(Problem to work on) Search the entries below for the string "return" and copy the lines that hold it.

***

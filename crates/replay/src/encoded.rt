//! Vectors of one encoded value: `encode`, the value's token, and its bytes.
ghost use Rattle.std.specs.Prelude.{⊤};
ghost use Rattle.wasm_encoder.specs.Leb128.{unsigned_leb128, signed_leb128};
ghost use Rattle.wasm_encoder.specs.Encoding.{IsCount, OnlyTooLong};
ghost use Rattle.replay.specs.declared.columns.Token.TheVariants as tokens;

use crate::columns::{Token, parse_token};
use crate::mismatch::Mismatch;
use crate::sink::arguments::{block_type, catch, handler, memarg, ordering};
use crate::type_tokens::{
    abstract_heap_type, field_type, heap_type, ref_type, storage_type, val_type,
};
use crate::words::items as list_items;
use crate::written::{Written, check_growth, check_growth_of_full, check_written};
use std::alloc::{Allocator, Global};
use wasm_encoder::{
    Encode, EncodeError, RefType, SectionId, ValType, encode_bytes, encode_list, encode_str,
};

/// Holds `encode` to the vector. One growth is enough, but for a list with items of several bytes.
pub fn check(alloc: Global, token: &str, hex: &str) -> Result<(), Mismatch> {
    let bytes = hex::decode(alloc, hex)?;
    let bytes = bytes.as_slice();
    let written = Written::Token(token);
    check_written(alloc, written, bytes)?;
    match token.split_once(':') {
        Some(("list", _)) if !has_short_items(bytes) => return Ok(()),
        Some(("list" | "bytes" | "str", _)) => check_growth_of_full(alloc, written, bytes)?,
        _ => {}
    }
    check_growth(alloc, 0, written, bytes)
}

/// Whether the bytes are a count of one byte, and as many items of one byte.
fn has_short_items(list: &[u8]) -> bool {
    matches!(list, [count, items @ ..] if items.len() == usize::from(*count))
}

/// Encodes the value that a token stands for.
pub fn encode<A: Allocator>(
    alloc: Global,
    token: &str,
    bytes: &mut Vec<u8, A>,
) -> Result<(), Mismatch> {
    let Some((kind, text)) = token.split_once(':') else {
        return encode_number(token, bytes);
    };
    match kind {
        "list" | "bytes" | "str" => encode_items(alloc, kind, text, bytes),
        "absheap" | "heap" | "ref" | "val" | "storage" => encode_type(kind, text, bytes),
        "field" => encode_known(field_type(text), bytes),
        "block" | "memarg" | "catch" | "handle" | "order" => encode_operand(token, bytes),
        "some" => encode_some(text, bytes),
        _ => encode_number(token, bytes),
    }
}

/// Encodes the value of a token. Fails with `NotUnderstood` if it has none.
fn encode_known<T: Encode + Drop, A: Allocator>(
    value: Option<T>,
    bytes: &mut Vec<u8, A>,
) -> Result<(), Mismatch> {
    let value = value.ok_or(Mismatch::NotUnderstood)?;
    Ok(value.encode(bytes)?)
}

/// Encodes a list of numbers, bytes or a text.
fn encode_items<A: Allocator>(
    alloc: Global,
    kind: &str,
    items: &str,
    bytes: &mut Vec<u8, A>,
) -> Result<(), Mismatch> {
    match kind {
        "list" if items.starts_with("[val:") => encode_each(alloc, items, value_type, bytes),
        "list" if items.starts_with("[ref:") => encode_each(alloc, items, reference_type, bytes),
        "list" => encode_each(alloc, items, number, bytes),
        "bytes" => Ok(encode_bytes(hex::decode(alloc, items)?.as_slice(), bytes)?),
        _ => {
            let text = String::from_utf8(hex::decode(alloc, items)?).ok();
            Ok(encode_str(text.ok_or(Mismatch::NotUnderstood)?.as_str(), bytes)?)
        }
    }
}

/// Encodes a list of what is read from its tokens.
fn encode_each<T: Encode + Drop, Read: Fn(&str) -> Option<T>, A: Allocator>(
    alloc: Global,
    list: &str,
    read: Read,
    bytes: &mut Vec<u8, A>,
) -> Result<(), Mismatch>
    requires { Read.IsAlwaysCallable read }
{
    let items = list_items(alloc, list, read)?;
    Ok(encode_list(items.as_slice(), bytes)?)
}

/// Encodes a type.
fn encode_type<A: Allocator>(
    kind: &str,
    text: &str,
    bytes: &mut Vec<u8, A>,
) -> Result<(), Mismatch> {
    match kind {
        "absheap" => encode_known(abstract_heap_type(text), bytes),
        "heap" => encode_known(heap_type(text), bytes),
        "ref" => encode_known(ref_type(text), bytes),
        "val" => encode_known(val_type(text), bytes),
        _ => encode_known(storage_type(text), bytes),
    }
}

/// Encodes an operand of instructions.
fn encode_operand<A: Allocator>(token: &str, bytes: &mut Vec<u8, A>) -> Result<(), Mismatch> {
    match token.split_once(':') {
        Some(("block", text)) => encode_known(block_type(text), bytes),
        Some(("memarg", text)) => encode_known(memarg(text), bytes),
        Some(("catch", _)) => encode_known(catch(token), bytes),
        Some(("order", text)) => encode_known(ordering(text), bytes),
        _ => encode_known(handler(token), bytes),
    }
}

/// Encodes the value of a token as a `Some`.
fn encode_some<A: Allocator>(token: &str, bytes: &mut Vec<u8, A>) -> Result<(), Mismatch> {
    match token.split_once(':') {
        Some(("val", text)) => encode_known(val_type(text).map(Some), bytes),
        Some(("ref", text)) => encode_known(ref_type(text).map(Some), bytes),
        _ => encode_known(number(token).map(Some), bytes),
    }
}

/// Encodes a number, one that is missing, or a section's id.
fn encode_number<A: Allocator>(token: &str, bytes: &mut Vec<u8, A>) -> Result<(), Mismatch> {
    match token.split_once(':') {
        None if token == "none" => Ok(None::<Token>.encode(bytes)?),
        Some(("sectionid", name)) => encode_known(section_id(name), bytes),
        _ => encode_known(number(token), bytes),
    }
}

/// Reads the value type that a token stands for.
fn value_type(token: &str) -> Option<ValType> {
    val_type(token.strip_prefix("val:")?)
}

/// Reads the reference type that a token stands for.
fn reference_type(token: &str) -> Option<RefType> {
    ref_type(token.strip_prefix("ref:")?)
}

/// Reads the number that a token stands for.
fn number(token: &str) -> Option<Token> {
    parse_token(token).ok()
}

fn section_id(name: &str) -> Option<SectionId> {
    Some(match name {
        "custom" => SectionId::Custom,
        "types" => SectionId::Types,
        "import" => SectionId::Import,
        "function" => SectionId::Function,
        "table" => SectionId::Table,
        "memory" => SectionId::Memory,
        "global" => SectionId::Global,
        "export" => SectionId::Export,
        "start" => SectionId::Start,
        "element" => SectionId::Element,
        "code" => SectionId::Code,
        "data" => SectionId::Data,
        "datacount" => SectionId::DataCount,
        "tag" => SectionId::Tag,
        _ => return None,
    })
}

/// The bytes of the number.
impl Encode for Token {
    ghost bytes = { elim [
      | tokens.U32 n ↦ unsigned_leb128 n
      | tokens.U64 n ↦ unsigned_leb128 n
      | tokens.I32 z ↦ signed_leb128 z
      | tokens.I64 z ↦ signed_leb128 z
      | tokens.Usize n ↦ unsigned_leb128 n
    ] };

    ghost CanEncode = { elim [
      | tokens.U32 n ↦ ⊤
      | tokens.U64 n ↦ ⊤
      | tokens.I32 z ↦ ⊤
      | tokens.I64 z ↦ ⊤
      | tokens.Usize n ↦ IsCount n
    ] };

    ghost refuses = { OnlyTooLong };

    fn encode<A: Allocator>(&self, sink: &mut Vec<u8, A>) -> Result<(), EncodeError> {
        match self {
            Token::U32(value) => value.encode(sink),
            Token::U64(value) => value.encode(sink),
            Token::I32(value) => value.encode(sink),
            Token::I64(value) => value.encode(sink),
            Token::Usize(value) => value.encode(sink),
        }
    }
}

***

(Final answer)
        Some(("list", _)) if !has_short_items(bytes) => return Ok(()),
        return encode_number(token, bytes);
        _ => return None,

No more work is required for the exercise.